Tracking Down the Source

How 707 Emails Revealed a Six-Year Data Quality Issue

Character Key

Executive Summary

Discovery
Data Pull Request Initiated
Mar 2020
Sage the Heron's team takes over data operations from a former analyst who left. Goose requests the team submit a formal data pull request for FY2013-2020 fleet logistics data. The previous analyst's code and methodology are poorly documented.
Initial Comparison Reveals Differences
May 2020
Sage the Heron uploads new pull results. The team notices current data doesn't match previously reported figures. Goose flags:
"The discrepancy is between the older data pulls and the updated pulls."
New Data Arrives, Numbers Don't Match
Jul 2020
Pip the Otter begins processing new fiscal year data. Results look fundamentally different from prior years. Sage asks:
"How large are the differences compared to prior years?"
Escalation
Data Errors Formally Identified
Aug 2, 2020
Maple the Deer and Pip the Otter document specific structural errors in how record identifiers were combined. Harold the Badger is notified.
Working Group Meeting — Deep Dive Assigned
Aug 9, 2020
Internal working group meeting. The term "data errors" is formally adopted. Goose assigns Pip and Maple to:
"Do a deep dive into the data errors."
Plan due by August 11.
Felix's Breakthrough
Sep 21, 2020
Felix the Fox's analysis reveals the core issue: the previous data operations team only pulled "long-haul" shipment records from FY2013-FY2018. FY2019 was the first year that included all four record types (maintenance, fuel, long-haul, local delivery). Six fiscal years of data were structurally different.
Urgent Meeting Called
Sep 22, 2020
Harold the Badger calls all-hands:
"Can we connect to talk about the data pull?"
The scope — all reports using pre-FY2019 data are affected — becomes clear.
Investigation
Alice Investigates record types
Nov 2020
Alice the Owl requests breakdowns by record type and year. The team discovers FY2013-2018 data contains only long-haul shipment records while FY2019 contains all types.
Structural Root Cause Confirmed
Mar 2021
Archie the Hawk confirms: the data warehouse's default join from shipment records Header to Dispatch Detail sub-tables was an INNER JOIN, dropping results from ~762K to ~15K records, returning only long-haul shipment records. This silent filter caused six years of structural difference.
Formal Root Cause Analysis
Apr 24-25, 2021
Team conducts formal RCA using "5 Whys" methodology.
"There was an ordering of join conditionals that implicitly limited the data."
Contributing factor: the previous data handler worked in isolation with no parallel verification.
Action Items Documented
Jun 7, 2021
Harold the Badger documents follow-up: compare current raw data with historical data, examine former analyst's queries, create reference documents.
Resolution
Mystery Solved
Jul 19, 2021
Archie the Hawk confirms definitively:
"The default join IS an inner join. Even without a restrictive qualification for record type, linking to the Header Subtables defaults to ONLY returning long-haul shipment records."
Mitigation Plan: Blind Parallel Processing
Jul 24, 2021
Harold the Badger proposes blind parallel processing — where data handlers independently conduct pulls and confirm numbers match — as standard practice across all contracts.
Validation and Resolution
Aug-Oct 2021
Alice the Owl conducts validation pulls.
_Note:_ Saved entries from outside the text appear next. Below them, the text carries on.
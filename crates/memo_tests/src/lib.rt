//! What tests of documents come to, by the bags that their questions find.
#![tactic(auto)]

mod law;
mod outcome;
mod test;

pub use law::tests_rest_on_what_they_ask;
pub use outcome::TestOutcome;
pub use test::Test;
The state coordinator reviews the mitigation plan. Harold the Badger presents evidence of the fix. New protocols implemented.

Glossary

RCA
Root Cause Analysis — a structured investigation to identify why a problem occurred, going beyond surface symptoms to find the underlying cause.
5 Whys
An iterative interrogation technique: ask "why?" five times to drill from a symptom to a root cause. Used in the formal RCA session.
Blind Parallel Processing
Two analysts independently perform the same data pull without seeing each other's work, then compare results to verify correctness.
Inner Join
A database operation that returns only records matching in both tables. Here, it silently filtered out non-long-haul shipment records by requiring a match in Dispatch Detail sub-tables.
Honest Broker
A trusted intermediary who handles sensitive data without direct interest in the outcome, ensuring objectivity in data operations.
Invoice Type
The classification of a logistics record — maintenance, fuel, long-haul, or local delivery. The root issue was that only one of four types was being returned.